Sie waren ihm Musen und hielten ihm den Rücken frei, organisierten seinen Schreibkram, seine Notizen und sein Leben. Vermutlich wäre auch sein Leben im Exil (er ging erst in die Schweiz, dann nach Dänemark, Schweden und Finnland und zuletzt in die USA) nicht so möglich gewesen, hätten sie es ihm nicht möglich gemacht. Und sie nahmen es hin, für ihn nie DIE Einzige zu sein, selbst neben den im Buch erwähnten Damen gab es sicher noch weitere Liebschaften in Brechts Leben.

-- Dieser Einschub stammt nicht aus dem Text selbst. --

//! The running code under test: a book, and a journal on a disk in memory.

ghost use Rattle.std.specs.Prelude.{◌≡◌, None, IfOk};
ghost use Rattle.journal.specs.Journal.{spare_of};
ghost use Rattle.test_disk.specs.Way.{KeepsInFlight};

use crate::store::events::{message_of, sender_of};
use crate::store::headers::event;
use book::{EVENT_RECORD, OwnBook, Receipt, Refusal};
use diskmodel::MemDisk;
use journal::{Failed, Journal, JournalError, Record};
use recovery::reopen;
use sigface::{HashSign, Sign};
use std::alloc::{AllocError, Global};
use validator::Config;
use wire::encode;

/// Opens the node on a disk. Returns its book, whose run begins with the events on the disk, and the journal.
pub fn open_book<'a>(
    alloc: Global,
    config: &'a Config<HashSign>,
    disk: MemDisk,
) -> Result<(OwnBook<'a, HashSign>, Journal<MemDisk>), Failed<JournalError, MemDisk>>
    ensures { IfOk result (λ opened. spare_of opened.1 ≡ None) }
{
    let (validator, journal) = reopen(alloc, config, disk)?;
    Ok((OwnBook::new(alloc, validator), journal))
}

/// Gives the book the event with this number, and returns the answer; None if the event doesn't pass the checks.
pub fn accept(
    own: &mut OwnBook<'_, HashSign>,
    alloc: Global,
    number: u64,
) -> Result<Option<Result<Receipt, Refusal>>, AllocError>
    ensures { KeepsInFlight ⟦<HashSign as Sign>⟧.scheme own.old own.new }
{
    let message = message_of(alloc, number)?;
    match event(own.committee(), sender_of(number), message) {
        Some(event) => Ok(Some(own.accept(event))),
        None => Ok(None),
    }
}

/// The records of the journal of a node that has accepted the events with these numbers.
pub fn records_of(alloc: Global, history: &[u64]) -> Result<Vec<Vec<u8>>, AllocError> {
    let mut records = vec![in alloc; configuration(alloc)?]?;
    for number in history {
        records.push(record_of(alloc, *number)?)?;
    }
    Ok(records)
}

/// The record of the event with this number: its kind, its sender, and its message.
fn record_of(alloc: Global, number: u64) -> Result<Vec<u8>, AllocError> {
    let [high, low] = sender_of(number).0.to_be_bytes();
    let mut record = vec![in alloc; EVENT_RECORD, high, low]?;
    let message = encode(alloc, &message_of(alloc, number)?)?;
    record.extend_from_slice(&message)?;
    Ok(record)
}

/// The bytes of the configuration's record: kind, version, own number, depth, workers, batches, members, their keys, and their stakes.
fn configuration(alloc: Global) -> Result<Vec<u8>, AllocError> {
    let mut record = vec![in alloc; 0, 2, 0, 0, 0, 50, 0, 1, 0, 16, 0, 0, 0, 7]?;
    for member in 1..=7 {
        record.extend_from_slice(&[member; 32])?;
    }
    for _ in 1..=7 {
        record.extend_from_slice(&[0, 0, 0, 1])?;
    }
    Ok(record)
}

/// Whether these are the records of the journal of a node that has accepted the events with these numbers.
pub fn are_of(alloc: Global, records: &[Record], history: &[u64]) -> Result<bool, AllocError> {
    let expected = records_of(alloc, history)?;
    let mut same = records.len() == expected.len();
    for (place, bytes) in expected.iter().enumerate() {
        same = same && is_at(records, place, bytes);
    }
    Ok(same)
}

fn is_at(records: &[Record], place: usize, bytes: &[u8]) -> bool {
    match records.get(place) {
        Some(record) => record.bytes.as_slice() == bytes,
        None => false,
    }
}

Eingeordnet in das allgemeine Zeitgeschehen schreibt Unda Hörner also über Vielecksbeziehungen im Hause Brecht, niemals wertend, immer biografisch-neutral. Wie man als Leser:in dieses Leben finden mag, sei jedem selbst überlassen. Ich fand es interessant, wie dieser „spindeldürre kleine Mann“ so einen Erfolg bei den Damen haben konnte und wie devot diese sich teilweise seinen Lebensvorstellungen unterwarfen. Nur durch sie konnte er das Leben des Lebemannes führen und sie waren diejenigen, die seinen Erfolg erst möglich machten. Alles in allem für mich ein interessantes und informatives Buch, sprachlich ansprechend geschrieben und sehr gut zu lesen. Von mir daher fünf Sterne.